[Saved data entries]
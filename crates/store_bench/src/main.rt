//! Work on a store in a file in memory, to be run under a counter of instructions: `store_bench WHAT SIZE TIMES`.
//!
//! Each run sets up a file, and then does a piece of work of that size so many times. Two runs with other times differ by
//! the work alone. `bench/store` runs it, and prints what each piece of work takes.
#![tactic(auto)]

mod calls;
mod opening;
mod setup;
mod what;
mod work;

use bench_plan::{Plan, Stop, plan_of, words};
use host_edge::FileHost;
use mdc_outside::Host;
use opening::open;
use setup::made;
use std::alloc::Global;
use what::What;
use work::{MANY, do_work};

fn main(rt: HostRuntime) -> Result<(), Stop> {
    let words = words(&rt)?;
    run(&rt, &words)
}

// Does what the words ask for, and prints the sum of what it saw.
fn run(rt: &HostRuntime, words: &[String]) -> Result<(), Stop> {
    let Some(plan) = plan_of(words) else {
        println!(*rt; "usage: store_bench open|hot|cold|commit|undo|first|again SIZE TIMES")?;
        return Ok(());
    };
    let host = FileHost::new(rt.alloc(), rt.clone()?, rt.stdout());
    let sum = carry_out(rt.alloc(), host, plan)?;
    println!(*rt; "{sum}")?;
    Ok(())
}

// Does the work, and answers the sum of what it saw. What owns the store makes one call, to which it is lent.
fn carry_out<H: Host + Drop>(alloc: Global, host: H, plan: Plan<What>) -> Result<u64, Stop> {
    let Plan { what, size, times } = plan;
    match what {
        What::Open => open(alloc, host, size, times),
        What::Store(work) => {
            let mut store = made(alloc, host, MANY)?;
            do_work(&mut store, work, size, times)
        }
    }
}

ACTIVITY:
The line with "fn main(rt: HostRuntime)" marks the end; reproduce exactly every line from the start of the entries up to it, that line included.

ANSWER TO THIS PROBLEM:
filename crates/store_bench/src/main.rt
//! Work on a store in a file in memory, to be run under a counter of instructions: `store_bench WHAT SIZE TIMES`.
//!
//! Each run sets up a file, and then does a piece of work of that size so many times. Two runs with other times differ by
//! the work alone. `bench/store` runs it, and prints what each piece of work takes.
#![tactic(auto)]

mod calls;
mod opening;
mod setup;
mod what;
mod work;

use bench_plan::{Plan, Stop, plan_of, words};
use host_edge::FileHost;
use mdc_outside::Host;
use opening::open;
use setup::made;
use std::alloc::Global;
use what::What;
use work::{MANY, do_work};

fn main(rt: HostRuntime) -> Result<(), Stop> {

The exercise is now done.